Beyond controlling the number of dimensions and the size of the weight vector, dropout is yet another tool to avoid overfitting. Often they are used jointly.

Dropout replaces an activation \(h\) with a random variable with expected value \(h\).

Dropout is only used during training.

## 4.6.7. Exercises¶

What happens if you change the dropout probabilities for the first and second layers? In particular, what happens if you switch the ones for both layers? Design an experiment to answer these questions, describe your results quantitatively, and summarize the qualitative takeaways.

Increase the number of epochs and compare the results obtained when using dropout with those when not using it.

What is the variance of the activations in each hidden layer when dropout is and is not applied? Draw a plot to show how this quantity evolves over time for both models.
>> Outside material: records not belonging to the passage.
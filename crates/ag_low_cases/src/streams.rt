//! Each public call once, on two small problems.
ghost use Rattle.std.specs.Prelude.{◌≡◌, IfOk, [], ◌∷◌};
ghost use Rattle.ag_stream.specs.Forms.{IsWellFormed, IsPlain};

use ag_base::List;
use ag_stream::{
    Equation, Instant, Part, Problem, ProblemDraft, ProblemFault, Run, breaks, eval,
    keeps_premises, same_problem,
};
use std::alloc::{AllocError, Global};
use std::process::Abort;
use std::test::Fail;

/// Stream 1 is not stream 2, stream 2 is stream 0, and the claim is stream 1.
fn chain(alloc: Global) -> Result<ProblemDraft, AllocError>
    ensures formed { IfOk result IsWellFormed }
    ensures plain { IfOk result IsPlain }
    ensures sizes { IfOk result (λ d. (d.ints ≡ 0) × (d.flags ≡ 3)) }
{
    let parts = vec![in alloc;
        Part::Flag {
            stream: 2,
            before: false
        },
        Part::Not(0),
        Part::Flag {
            stream: 0,
            before: false
        },
        Part::Flag {
            stream: 1,
            before: false
        },
    ]?;
    let equations = vec![in alloc;
        Equation::Flag { stream: 1, part: 1 },
        Equation::Flag { stream: 2, part: 2 },
    ]?;
    Ok(ProblemDraft {
        ints: 0,
        flags: 3,
        parts: List::from_vec(parts),
        equations: List::from_vec(equations),
        so_far: List::new(alloc),
        earlier: List::new(alloc),
        claim: Some(3),
        length: 0,
    })
}

/// Stream 1 is itself.
fn looped(alloc: Global) -> Result<ProblemDraft, AllocError>
    ensures formed { IfOk result IsWellFormed }
    ensures plain { IfOk result IsPlain }
{
    let parts = vec![in alloc;
        Part::Flag {
            stream: 1,
            before: false
        },
    ]?;
    let equations = vec![in alloc; Equation::Flag { stream: 1, part: 0 }]?;
    Ok(ProblemDraft {
        ints: 0,
        flags: 2,
        parts: List::from_vec(parts),
        equations: List::from_vec(equations),
        so_far: List::new(alloc),
        earlier: List::new(alloc),
        claim: None,
        length: 1,
    })
}

/// A run of one instant.
fn run_of(alloc: Global, flags: &[bool]) -> Result<Run, AllocError>
    ensures { IfOk result (λ run. run ≡ record { instants = record { whole = []; flags = flags.now } ∷ [] }) }
{
    let flags = List::from_vec(Vec::from_slice(alloc, flags)?);
    let instants = vec![in alloc;
        Instant {
            whole: List::new(alloc),
            flags
        },
    ]?;
    Ok(Run {
        instants: List::from_vec(instants),
    })
}

/// The problem of the chain.
fn chained(alloc: Global) -> Result<Problem, Fail>
    ensures plain { IfOk result IsPlain }
    ensures sizes { IfOk result (λ p. (p.ints ≡ 0) × (p.flags ≡ 3)) }
{
    match Problem::make(alloc, chain(alloc)?) {
        Ok(problem) => Ok(problem),
        Err(_) => Err(Fail::from("the chain has no cycle")),
    }
}

/// Expects of the run that begins so whether it breaks, and that the streams behind the first are as
/// the equations say.
fn expect<R: Abort>(
    rt: &R,
    alloc: Global,
    problem: &Problem,
    first: bool,
    broken: bool,
) -> Result<(), Fail>
    requires plain { IsPlain problem.now }
    requires ints { problem.now.ints ≡ 0 }
    requires flags { problem.now.flags ≡ 3 }
{
    let free = run_of(alloc, &[first, false, false])?;
    assert!(rt; !keeps_premises(problem, &free));
    let Ok(run) = eval(alloc, problem, &free) else {
        return Err(Fail::from("there is memory"));
    };
    assert_eq!(rt; breaks(problem, &run), broken);
    assert!(rt; keeps_premises(problem, &run));
    let [instant] = run.instants.as_slice() else {
        return Err(Fail::from("there is one instant"));
    };
    assert!(rt; instant.whole.as_slice().is_empty());
    assert_eq!(rt; instant.flags.as_slice(), [first, !first, first].as_slice());
    Ok(())
}

#[test]
fn evaluates_and_breaks(rt: HostRuntime) -> Result<(), Fail> {
    let problem = chained(rt.alloc())?;
    for (first, broken) in [(true, true), (false, false)] {
        expect(&rt, rt.alloc(), &problem, first, broken)?;
    }
    Ok(())
}

#[test]
fn finds_a_cycle(rt: HostRuntime) -> Result<(), Fail> {
    let draft = looped(rt.alloc())?;
    let made = Problem::make(rt.alloc(), draft);
    assert!(rt; matches!(made, Err(ProblemFault::Cycle(1))));
    Ok(())
}

#[test]
fn compares_by_content(rt: HostRuntime) -> Result<(), Fail> {
    let one = chained(rt.alloc())?;
    let other = chained(rt.alloc())?;
    assert!(rt; same_problem(&one, &other) && one == other);
    assert_eq!(rt; one.draft().flags, 3);
    Ok(())
}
Why is dropout not typically used at test time?

Using the model in this section as an example, compare the effects of using dropout and weight decay. What happens when dropout and weight decay are used at the same time? Are the results additive? Are there diminished returns (or worse)? Do they cancel each other out?

What happens if we apply dropout to the individual weights of the weight matrix rather than the activations?

Invent another technique for injecting random noise at each layer that is different from the standard dropout technique. Can you develop a method that outperforms dropout on the Fashion-MNIST dataset (for a fixed architecture)?